Al actual presidente Joe Biden también le golpeó la desgracia cuando era vicepresidente con Barak Obama. La inesperada muerte de su hijo mayor por un cáncer cerebral, en 2015, le sumió en un estado de desánimo, y renunció a convertirse en candidato demócrata en las elecciones presidenciales de 2016, para suceder a Obama. Sí aceptó, en cambio, la nominación en 2020 para frenar a Donald Trump, y lo logró en las más agitadas elecciones de la Historia de Estados Unidos, pues los partidarios de Trump asaltaron el Congreso en un golpe de Estado para impedir la proclamación de Biden.
Al fin, Biden logró ser presidente, el más viejo al llegar a la Casa Blanca. Pero tampoco ha tenido un final feliz para su mandato, pues el Partido Demócrata, considerándolo senil, le ha presionado para que no se presente a la reelección y deje el testigo a Kamala Harris.
Antes de ésta todavía ha habido un vicepresidente del que no se puede saber si es un tipo con suerte o un desgraciado. Se trata de Mike Pence, 48 vicepresidente con Donald Trump. Bajo semejante jefe, la figura de Pence no había brillado absolutamente nada durante el mandato de Trump. Sin embargo, adquiriría un papel histórico el 6 de enero de 2021.
Ese día, como presidente del senado, que es un cargo anexo a la vicepresidencia, Pence dirigía un acto meramente protocolario, que nunca había tenido la menor importancia política: la proclamación oficial del vencedor de las elecciones presidenciales, mediante el recuento de los compromisarios que envía cada estado al Congreso.
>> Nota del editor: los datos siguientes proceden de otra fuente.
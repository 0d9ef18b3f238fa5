//! Compares what spaces of addresses tell, and what is fetched of the lists of parts, with the
//! tables on standard input.
#![tactic(auto)]

mod lists;
mod plain;
mod spaces;

use crate::lists::Listed;
use std::alloc::Global;
use std::io;
use wu_rows::{NoAnswer, Subject, compare_tables};
use wu_space::Space;

/// What the rows of a table are put to: a space without files, and lists over an empty store at the
/// beginning of each.
#[derive(Drop)]
struct Rows {
    space: Space,
    listed: Listed,
}

fn main(rt: HostRuntime) -> io::Result<()> {
    let mut rows = Rows::new(rt.alloc())?;
    compare_tables(&rt, &mut rows)
}

impl Rows {
    fn new(alloc: Global) -> Result<Rows, NoAnswer> {
        Ok(Rows {
            space: Space::new(alloc, 0),
            listed: Listed::new(alloc)?,
        })
    }
}

impl Subject for Rows {
    fn begin(&mut self, alloc: Global) -> Result<(), NoAnswer> {
        *self = Rows::new(alloc)?;
        Ok(())
    }

    fn answer(&mut self, alloc: Global, kind: &str, fields: &[&str]) -> Result<String, NoAnswer> {
        match kind {
            "space" => spaces::answer(alloc, &mut self.space, fields),
            "lists" => self.listed.answer(alloc, fields),
            _ => Err(NoAnswer::BadRow),
        }
    }
}
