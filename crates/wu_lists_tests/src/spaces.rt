//! What spaces of addresses tell, and what they tell after random changes beside a plain list.
use crate::plain;
use std::alloc::Global;
use wu_base::{Ino, Range};
use wu_rows::{NoAnswer, number, number_text, plain_text, small_number};
use wu_space::Space;
use wu_space_rows::place;

/// What the space answers to the row.
pub fn answer(alloc: Global, space: &mut Space, fields: &[&str]) -> Result<String, NoAnswer> {
    let [call, arguments @ ..] = fields else {
        return Err(NoAnswer::BadRow);
    };
    match *call {
        "place" => placed(alloc, space, arguments),
        "release" => released(alloc, space, arguments),
        "rebuild" => rebuilt(alloc, space, arguments),
        "random" => agreement(alloc, arguments),
        _ => told(alloc, space, call, arguments),
    }
}

/// After how many of so many random changes the space tells what a plain list does.
fn agreement(alloc: Global, arguments: &[&str]) -> Result<String, NoAnswer> {
    let [seed, steps] = arguments else {
        return Err(NoAnswer::BadRow);
    };
    let seed = number(seed)?;
    let steps = number(steps)?;
    number_text(alloc, plain::agreed(alloc, seed, steps)?)
}

/// Goes on with the space that is rebuilt from the ranges, if there is one.
fn rebuilt(alloc: Global, space: &mut Space, arguments: &[&str]) -> Result<String, NoAnswer> {
    let [next, ranges] = arguments else {
        return Err(NoAnswer::BadRow);
    };
    let next = number(next)?;
    let files = files_of(alloc, ranges)?;
    match Space::rebuild(alloc, next, files.as_slice())? {
        Some(rebuilt) => {
            *space = rebuilt;
            plain_text(alloc, "some")
        }
        None => plain_text(alloc, "none"),
    }
}

/// What the space tells, unchanged.
fn told(alloc: Global, space: &Space, call: &str, arguments: &[&str]) -> Result<String, NoAnswer> {
    match arguments {
        [] => of_all(alloc, space, call),
        [place] => of_place(alloc, space, call, place),
        [low, high] => of_span(alloc, space, call, number(low)?, number(high)?),
        _ => Err(NoAnswer::BadRow),
    }
}

fn of_all(alloc: Global, space: &Space, call: &str) -> Result<String, NoAnswer> {
    match call {
        "total" => number_text(alloc, space.live_total()),
        "next" => number_text(alloc, space.next()),
        _ => Err(NoAnswer::BadRow),
    }
}

fn of_place(alloc: Global, space: &Space, call: &str, place: &str) -> Result<String, NoAnswer> {
    match call {
        "range" => range_text(alloc, space.range_of(small_number(place)?)),
        "owner" => owner_text(alloc, space.owner_at(number(place)?)),
        _ => Err(NoAnswer::BadRow),
    }
}

fn of_span(
    alloc: Global,
    space: &Space,
    call: &str,
    low: u64,
    high: u64,
) -> Result<String, NoAnswer> {
    match call {
        "in" => number_text(alloc, space.live_in(low, high)),
        "ranges" => ranges_text(alloc, &space.live_ranges(low, high)?),
        _ => Err(NoAnswer::BadRow),
    }
}

fn placed(alloc: Global, space: &mut Space, arguments: &[&str]) -> Result<String, NoAnswer> {
    let [ino, len] = arguments else {
        return Err(NoAnswer::BadRow);
    };
    let range = place(space, small_number(ino)?, number(len)?)?;
    range_text(alloc, Some(range))
}

fn released(alloc: Global, space: &mut Space, arguments: &[&str]) -> Result<String, NoAnswer> {
    let [ino] = arguments else {
        return Err(NoAnswer::BadRow);
    };
    let ino = small_number(ino)?;
    if space.range_of(ino).is_none() {
        return Err(NoAnswer::BadRow);
    }
    space.release(ino);
    plain_text(alloc, "done")
}

/// The numbers and ranges of a field like `1:0+2 2:5+1`; `-` is none.
fn files_of(alloc: Global, field: &str) -> Result<Vec<(Ino, Range)>, NoAnswer> {
    let mut files = Vec::new(alloc);
    for word in field.split_whitespace() {
        if word != "-" {
            files.push(file_of(word)?)?;
        }
    }
    Ok(files)
}

fn file_of(word: &str) -> Result<(Ino, Range), NoAnswer> {
    let Some((ino, range)) = word.split_once(':') else {
        return Err(NoAnswer::BadRow);
    };
    let Some((start, len)) = range.split_once('+') else {
        return Err(NoAnswer::BadRow);
    };
    let range = Range {
        start: number(start)?,
        len: number(len)?,
    };
    Ok((small_number(ino)?, range))
}

/// A range as `START+LENGTH`.
fn range_text(alloc: Global, range: Option<Range>) -> Result<String, NoAnswer> {
    match range {
        Some(range) => {
            let start = range.start;
            let len = range.len;
            Ok(format!(in alloc; "{start}+{len}")?)
        }
        None => plain_text(alloc, "none"),
    }
}

/// Ranges with a space between each two.
fn ranges_text(alloc: Global, ranges: &[Range]) -> Result<String, NoAnswer> {
    let mut text = String::new(alloc);
    for range in ranges {
        let start = range.start;
        let len = range.len;
        if !text.is_empty() {
            text.push(' ')?;
        }
        write!(text, "{start}+{len}")?;
    }
    Ok(text)
}

/// A file and which address of its range it is, as `NUMBER at OFFSET`.
fn owner_text(alloc: Global, owner: Option<(Ino, u64)>) -> Result<String, NoAnswer> {
    match owner {
        Some((ino, offset)) => Ok(format!(in alloc; "{ino} at {offset}")?),
        None => plain_text(alloc, "none"),
    }
}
Sin embargo, ese día Trump, todavía presidente en funciones, intentó un golpe de Estado. Llamó a Pence y le ordenó que boicotease el acto de la proclamación. Pence no le obedeció, optó por cumplir con sus deberes constitucionales, y entonces los partidarios de Trump asaltaron el Capitolio. Su primer objetivo era encontrar al «traidor» Pence y darle su merecido, es decir, lincharlo.
Su buena suerte fue que los asaltantes no lo encontraron, cumplió con su deber y se convirtió en un estadista ejemplar. Su mala suerte fue que siendo, como es, un político de ideología muy conservadora, su carrera política se ha terminado.
Kamala Harris tiene, por lo tanto, que cumplir una doble hazaña si quiere pasar a la Historia. Vencer a Trump y vencer a la maldición del vicepresidente.